H.264 offers less encoding techniques than VP8, but this leads to lower complexity in both encoding and decoding stage. VP8 seems to be designed to be simpler than H.264 and at the same time almost comparable.  The lack of B-frames is probably the most important difference between Vp8 and H.264. This can reduce efficiency of around 15-25%. Further more, the other small differences like less articulate motion prediction, less reference frames and the absence of 8×8 adaptive transformation can be accounted for a further small difference, let’s say 5%.
In any case, VP8 seems to be comparable with H.264 baseline (in which 8×8, b-frames and CABAC are disabled) with the addiction of a simil-CABAC, thus probably a +5/10% more efficient than standard H.264 baseline.

Conclusion

I think VP8 has a long and probably bright future. It is relatively younger than H.264, so both encoders and decoders have to be improved and optimized. On the other hand H.264 has been in the market for years but even now there are room for improvements and optimizations (see my last test of near HD quality @250Kbit/s).

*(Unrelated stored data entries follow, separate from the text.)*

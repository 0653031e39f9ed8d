ghost use Rattle.std.specs.Prelude.{◌≡◌};

use pp_values::{Memory, Text};
use std::alloc::{AllocError, AllocFailed};
use std::error::Error;
use std::fmt;

/// Why JSON is no machine.
#[derive(Debug, Drop)]
pub enum MachineStop {
    /// What stands at this path is not of its kind.
    Bad(Text),
    Memory,
}

impl From<Memory> for MachineStop {
    ghost use Rattle.agent_docs.specs.declared.machine_stop.MachineStop.TheVariants as stop;

    ghost from_gives = { λ _ s. s ≡ stop.Memory };

    fn from(_refused: Memory) -> MachineStop {
        MachineStop::Memory
    }
}

impl From<AllocError> for MachineStop {
    ghost use Rattle.agent_docs.specs.declared.machine_stop.MachineStop.TheVariants as stop;

    ghost from_gives = { λ _ s. s ≡ stop.Memory };

    fn from(_refused: AllocError) -> MachineStop {
        MachineStop::Memory
    }
}

impl<T: Drop> From<AllocFailed<T>> for MachineStop {
    ghost use Rattle.agent_docs.specs.declared.machine_stop.MachineStop.TheVariants as stop;

    ghost from_gives = { λ _ s. s ≡ stop.Memory };

    fn from(_refused: AllocFailed<T>) -> MachineStop {
        MachineStop::Memory
    }
}

impl fmt::Display for MachineStop {
    fn fmt<W: fmt::Write>(&self, f: &mut fmt::Formatter<W>) -> fmt::Result {
        match self {
            MachineStop::Bad(path) => write!(f, "{path} is not of its kind"),
            MachineStop::Memory => f.write_str("out of memory"),
        }
    }
}

impl Error for MachineStop {}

In any case we definitely needed an open source codec because theora was too poor in performances. The difference in quality and efficiency may overshadow if compared to the advantage of using a royalty free codec, especially in specific scenarios. Probably it is not a problem for a big company to pay for the creation of encoders, decoders or H.264 videos, but in some cases the presence of royalty can be blocking even if they are very low.

Think about the case of the Flash Player, how could Adobe pay a fee for every Flash Player to include an H.264 encoder? I hope that the availability of free VP8 could open the doors for a renewed realtime video encoding API  in the next release of Flash Player.